Last October, the Catholic League sent a letter to the director of the Museum of Contemporary Art in Los Angeles, and a news release to the media, stating our objections to a piece of art by Robert Gober (see November Catalyst). Gober’s work showed a phallic culvert pipe piercing Our Blessed Mother, the purpose of which, he said, was to deprive “the Virgin Mary of the womb from which Christ was born.”

The Gober has since been defended by Richard Koshalek, the museum’s director, theNew York Times and the National Catholic Reporter. Koshalek has said that Gober’s work “is intensely personal, and installations he has created have dealt with controversial issues that are important to him, such as sexual identity, racial prejudice, bodily functions and the Catholic faith.”

It can also be said that Gober, who is an embittered gay ex-Catholic, is part exhibitionist, otherwise he would have no need to publicize his “intensely personal” work. We just wish he would do it behind closed doors and leave his creations there, preferably next to the garbage can.
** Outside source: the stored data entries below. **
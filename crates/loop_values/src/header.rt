//! Headers: the number of their instances, and their faulty indexes.
ghost use Rattle.std.specs.Prelude.{◌≡◌, ℕ, ◌*◌, ◌<◌, ◌≤◌, ◌∷◌, ◌++◌, ◌||◌, List, false, IfOk, OnOk, min, slice_index_or};
ghost use Rattle.loop_values.specs.declared.values.TheConstants.{MANY};
ghost use Rattle.loop_values.specs.Headers as spec;
ghost use Rattle.loop_values.specs.Letters.{Letters};
ghost use Rattle.loop_values.specs.inner.Kept.{AreKept};
ghost use Rattle.m_ast.specs.declared.header.Index.{Index};

use crate::values::{MANY, index_count};
use m_ast::{Header, Index};
use std::alloc::{AllocError, Global};

/// `before` times the number of instances of the indexes, or `MANY` if it is more.
pub fn instance_count(before: u64, indexes: &[Index]) -> u64
    requires { before ≤ MANY }
    ensures count { result ≡ min (before * spec.instance_count indexes.now) MANY }
{
    let mut count = before;
    for index in indexes {
        count = (count * index_count(index)).min(MANY);
    }
    count
}

/// The number of instances of all headers of a formula together, or `MANY` if it is more.
pub fn headers_count(headers: &[Header]) -> u64
    ensures { result ≡ min (spec.instance_count (spec.all_indexes headers.now)) MANY }
{
    let mut count = 1;
    for header in headers {
        count = instance_count(count, header.indexes.as_slice());
    }
    count
}

/// For each byte whether two or more of the indexes have it as their letter.
pub fn repeated_letters(indexes: &[Index]) -> [bool; 256]
    ensures { (letter : ℕ) → letter < 256 → slice_index_or result letter false ≡ spec.is_twice letter indexes.now }
{
    let mut once = [false; 256];
    let mut twice = [false; 256];
    for index in indexes {
        let letter = index.letter as usize;
        twice[letter] = either(twice[letter], once[letter]);
        once[letter] = true;
    }
    twice
}

fn either(a: bool, b: bool) -> bool
    ensures { result ≡ (a || b) }
{
    a || b
}

/// Indexes with the same instances as all indexes of the headers, from the outermost to the
/// innermost. An index of one value is omitted if an inner index binds its letter again, so few
/// instances need few indexes: 200,000 times `pour i=1:` is one index. The only error is out of
/// memory.
pub fn kept_indexes(alloc: Global, headers: &[Header]) -> Result<Vec<Index>, AllocError>
    ensures { IfOk result (λ kept. (letters : Letters)
        → spec.instances kept.items letters ≡ spec.instances (spec.all_indexes headers.now) letters) }
{
    let mut kept = Vec::new(alloc);
    let mut bound = [false; 256];
    let mut left = headers.len();
    while left > 0 {
        left -= 1;
        keep_all(
            alloc,
            &mut kept,
            &mut bound,
            headers[left].indexes.as_slice(),
        )?;
    }
    Ok(kept)
}

/// `kept_indexes` of two headers, of which the second is the inner one.
pub fn joined_indexes(
    alloc: Global,
    outer: &[Index],
    inner: &[Index],
) -> Result<Vec<Index>, AllocError>
    ensures { IfOk result (λ kept. (letters : Letters)
        → spec.instances kept.items letters ≡ spec.instances (outer.now ++ inner.now) letters) }
{
    let mut kept = Vec::new(alloc);
    let mut bound = [false; 256];
    keep_all(alloc, &mut kept, &mut bound, inner)?;
    keep_all(alloc, &mut kept, &mut bound, outer)?;
    Ok(kept)
}

// Inserts the indexes that are kept of these before `kept`, which holds those of all inner ones.
// `bound` marks the letters that `kept` binds.
fn keep_all(
    alloc: Global,
    kept: &mut Vec<Index>,
    bound: &mut [bool; 256],
    indexes: &[Index],
) -> Result<(), AllocError>
    ensures { OnOk result ((all : List Index) → AreKept kept.old.items bound.old all → AreKept kept.new.items bound.new (indexes.now ++ all)) }
{
    let mut left = indexes.len();
    while left > 0 {
        left -= 1;
        keep(alloc, kept, bound, &indexes[left])?;
    }
    Ok(())
}

fn keep(
    alloc: Global,
    kept: &mut Vec<Index>,
    bound: &mut [bool; 256],
    index: &Index,
) -> Result<(), AllocError>
    ensures { OnOk result ((all : List Index) → AreKept kept.old.items bound.old all → AreKept kept.new.items bound.new (index.now ∷ all)) }
{
    if bound[index.letter as usize] && index_count(index) == 1 {
        return Ok(());
    }
    let copy = index.copy(alloc)?;
    kept.insert(0, copy)?;
    bound[index.letter as usize] = true;
    Ok(())
}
The New York Times likes this trash so much that it offered a color photo of Gober’s masterpiece. But the best part was the story by Roberta Smith. It was so good of her to note that “it is understandable that some people might find the piece upsetting,” even if all they saw was a photograph of the subject. Her condescending attitude then burst forth with her comment that “it is depressing to be reminded, once more, that there are always those who know what they don’t like, even if they haven’t actually experienced it.” But it’s not half as depressing as knowing that she gets paid to write this stuff.

Smith insists that critics of Gober must be offended first-hand before they can object. “Because the Gober is about the literal and the actual,” she opines, “it is profoundly experiential and even interactive, a journey that must be traveled before an informed opinion can be arrived at.” Such logic suggests that suffering must be experienced before an informed opinion can be made. But if this is true, then it would be wrong to oppose famine, disease and genocide without first experiencing it. Such a claim would be irrational because it would effectively end all future experiential journeys.

From a writer for the National Catholic Reporter, art professor Linda Ekstrom, we get nothing but praise. “In fact,” the professor says, “Gober’s work is one of the more challenging and profoundly sacred spaces I have ever encountered in an art venue.” That gives us some idea where she hangs out. We have a suggestion for her: why not take Gober’s phallic culvert pipe and stick it through the head of Moses head and see what happens. Or try Martin Luther King on for size.

The league was delighted to learn that approximately a thousand protesters jammed the sidewalk in front of the museum to let Gober know what they thought of creation; it was led by the American Society for the Defense of Tradition, Family and Property, a traditional Catholic group. The league sent copies of its news release and a letter of support to be read at the rally.